Ich habe am Donnerstag nicht nur Tabak gekauft, ich bin noch bei ➱Kellys reingehuscht, um Herrn Rieckhof Tschüs zu sagen. Und da war dieser nette Vertreter der Firma Dinkelacker, hatte drei Koffer voll mit den Modellen der laufenden Kollektion. Da musste ich natürlich etwas bleiben. Habe auch einen Katalog bekommen, obgleich er eigentlich keinen mehr hatte. Im Schwäbischen würde man dazu sagen, dass ich ihm den aus dem Kreuz geleiert hätte, sagte er augenzwinkernd. Wenn Sie jetzt keinen Katalog haben, klicken Sie einfach ➱hier. Oder lesen Sie den netten Post, der ➱Dinkelacker heißt. Ich habe jedes Jahr zur Kiel Woche meinen Heuschnupfen, dafür kann die Kieler Woche zwar nichts, aber ich bin dann immer mit entzündeten Augen und laufender Nase etwas misslaunig. Und deshalb bete ich immer zum Wettergott, dass er uns eine Woche Regen bescheren möchte. Wenn es regnet, fliegen die Pollen nicht. Und die drei Millionen Touristen werden klatschnass. Die ersten beiden Tage der Kieler Woche hat mich der Wettergott jetzt schon erhört.

Noch mehr zur Kieler Förde finden Sie hier unter ➱Max Oertz und ➱Cutty Sark. Cutty Sark ist witzig, dies hier heute ist eher traurig.

1 Kommentar:

  1. Da hab ich doch den Grund der Affinität des Besitzers dieses Blogs für militärische Historie geahnt: er beherrschte also einen schnarrenden Offizierston. Nun, den beherrsche ich gelegentlich auch, stand doch in früheren Beurteilungen auch mal was über die "zu übende kommandeursmäßige Stimme", was mich rückblickend immer etwas beschämt. Einmal, weil so was beurteilungsrelevant war und zweimal, weil ich das wohl nicht von Anbeginn des Uniformtragens beherrschte.
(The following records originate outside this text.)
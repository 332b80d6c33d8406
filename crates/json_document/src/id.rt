//! Ids of documents.

ghost use Rattle.std.specs.Prelude.{◌≡◌, IfOk};
ghost use Rattle.json_nodes.specs.Nodes.{data_of};
ghost use Rattle.json_document.specs.Ids.{id_in, id_of};

use crate::document::Documents;
use ir_leaves::Name;
use json_nodes::Node;
use json_values::{FromJson, Held, ReadError};
use std::alloc::{AllocError, Global};

/// What a document is called by whoever sent it: its verdict says so too.
#[derive(Debug, Drop)]
pub enum Id {
    Text(Name),
    Integer(i64),
}

impl FromJson<Documents> for Id {
    ghost stands_for = { id_of };

    fn from_json(_: Documents, held: Held) -> Result<Self, ReadError> {
        if held.value.as_str().is_some() {
            return match Name::from_json(Documents, held) {
                Ok(text) => Ok(Id::Text(text)),
                Err(error) => Err(error),
            };
        }
        match held.value.as_i64() {
            Some(number) => Ok(Id::Integer(number)),
            None => Err(ReadError::expected(
                held.alloc,
                "a text, or an integer from -9223372036854775808 to 9223372036854775807",
            )),
        }
    }
}

/// The id that a value has, if it has one. An Err is out of memory.
pub(crate) fn id_in(alloc: Global, value: &Node) -> Result<Option<Id>, AllocError>
    ensures { IfOk result (λ id. id ≡ id_in (data_of value.now)) }
{
    match value.get("id") {
        Some(inner) => {
            let held = Held::new(alloc, &inner);
            match Id::from_json(Documents, held) {
                Ok(id) => Ok(Some(id)),
                Err(ReadError::Unreadable(_)) => Ok(None),
                Err(ReadError::Memory) => Err(AllocError),
            }
        }
        None => Ok(None),
    }
}
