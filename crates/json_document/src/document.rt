//! Documents: the settings of a validator, a module, and what is known of it, where it says so.

ghost use Rattle.json_nodes.specs.Nodes.{data_of};
ghost use Rattle.json_document.specs.Whole.{all_parts, document_of, known_of, named_parts, parts_of, settings_of};
ghost use Rattle.json_values.specs.Reads.{ReadsMeaning};

use crate::id::Id;
use ir_arena::Sequence;
use ir_facts::{Facts, Settings};
use ir_flags::{Capabilities, ShaderStages, SubgroupOperationSet, ValidationFlags};
use ir_module::Module;
use ir_types::{TypeInfo, TypeResolution};
use json_values::{FromJson, Held, ReadError, has_field};

/// Who reads documents, and what they hold.
#[derive(Clone, Copy)]
pub struct Documents;

/// What a document says is known of its module: infos of its types, types of its global expressions, and the facts that a
/// lower layer answers.
#[derive(Drop)]
pub struct Known {
    pub type_infos: Sequence<TypeInfo>,
    pub global_types: Sequence<TypeResolution>,
    pub facts: Facts,
}

/// A document: settings, a module, and its facts. Without facts, what is known of the module is computed.
#[derive(Drop)]
pub struct Document {
    pub settings: Settings,
    pub module: Module,
    pub known: Option<Known>,
}

impl FromJson<Documents> for Known {
    ghost stands_for = { known_of };

    fn from_json(_: Documents, held: Held) -> Result<Self, ReadError> {
        match held.six(
            Documents,
            &(
                "type_infos",
                "global_types",
                "sizes",
                "mesh_analyses",
                "functions",
                "entry_points",
            ),
        ) {
            Ok((type_infos, global_types, sizes, mesh_analyses, functions, entry_points)) => {
                let facts = Facts {
                    sizes,
                    mesh_analyses,
                    functions,
                    entry_points,
                };
                Ok(Known {
                    type_infos,
                    global_types,
                    facts,
                })
            }
            Err(error) => Err(error),
        }
    }
}

/// What the fields of a document stand for, without its id.
type DocumentParts = (
    ValidationFlags,
    Capabilities,
    ShaderStages,
    SubgroupOperationSet,
    Module,
    Option<Known>,
);

/// The settings, whatever stands beside them.
fn read_settings(
    held: Held,
) -> Result<
    (
        ValidationFlags,
        Capabilities,
        ShaderStages,
        SubgroupOperationSet,
    ),
    ReadError,
>
    ensures { ReadsMeaning (settings_of (data_of held.entry.value.now)) result }
{
    let flags = match held.get(Documents, "flags") {
        Ok(flags) => flags,
        Err(error) => return Err(error),
    };
    let capabilities = match held.get(Documents, "capabilities") {
        Ok(capabilities) => capabilities,
        Err(error) => return Err(error),
    };
    let stages = match held.get(Documents, "subgroup_stages") {
        Ok(stages) => stages,
        Err(error) => return Err(error),
    };
    match held.get(Documents, "subgroup_operations") {
        Ok(operations) => Ok((flags, capabilities, stages, operations)),
        Err(error) => Err(error),
    }
}

/// The settings, the module and the facts, whatever stands beside them.
fn read_all_parts(held: Held) -> Result<DocumentParts, ReadError>
    ensures { ReadsMeaning (all_parts (data_of held.entry.value.now)) result }
{
    let (flags, capabilities, stages, operations) = match read_settings(held) {
        Ok(settings) => settings,
        Err(error) => return Err(error),
    };
    match held.get(Documents, "module") {
        Ok(module) => match held.get(Documents, "facts") {
            Ok(known) => Ok((flags, capabilities, stages, operations, module, known)),
            Err(error) => Err(error),
        },
        Err(error) => Err(error),
    }
}

/// The same of an object with exactly these fields and an id.
fn read_named_parts(held: Held) -> Result<DocumentParts, ReadError>
    ensures { ReadsMeaning (named_parts (data_of held.entry.value.now)) result }
{
    if let Err(error) = held.fields(&[
        "id",
        "flags",
        "capabilities",
        "subgroup_stages",
        "subgroup_operations",
        "module",
        "facts",
    ]) {
        return Err(error);
    }
    match held.get::<_, Id>(Documents, "id") {
        Ok(_) => read_all_parts(held),
        Err(error) => Err(error),
    }
}

/// The same of an object with an id or without one.
fn read_parts(held: Held) -> Result<DocumentParts, ReadError>
    ensures { ReadsMeaning (parts_of (data_of held.entry.value.now)) result }
{
    if has_field(held.value, "id") {
        return read_named_parts(held);
    }
    held.six(
        Documents,
        &(
            "flags",
            "capabilities",
            "subgroup_stages",
            "subgroup_operations",
            "module",
            "facts",
        ),
    )
}

impl FromJson<Documents> for Document {
    ghost stands_for = { document_of };

    fn from_json(_: Documents, held: Held) -> Result<Self, ReadError> {
        match read_parts(held) {
            Ok((flags, capabilities, subgroup_stages, subgroup_operations, module, known)) => {
                let settings = Settings {
                    flags,
                    capabilities,
                    subgroup_stages,
                    subgroup_operations,
                };
                Ok(Document {
                    settings,
                    module,
                    known,
                })
            }
            Err(error) => Err(error),
        }
    }
}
    Eim Mahagoni Boot befindet sich im Besitz der Familie und in meiner Obhut. Für die Kieler Woche ist es zu klein und für die See nicht zugelassen. Das macht zwar nichts, denn wie wir gelesen haben, ist das Segeln dort zweitrangig geworden. Nun, das Boot bleibt da wo es ist, im MeckPom, in der Residenzstadt des Herzogs von Mecklenburg - Strelitz.
    Das heist, zur Zeit steht es in der Halle, es wartet auf einen Termin in der Werft.
    Wenn der ran ist, muss ich sparen, dafür hab ich dann mehr Zeit, Ihre Posts hier mit überaus wichtigen Kommentaren zu versehen, denn vorm Computer sitzen kostet kein Geld.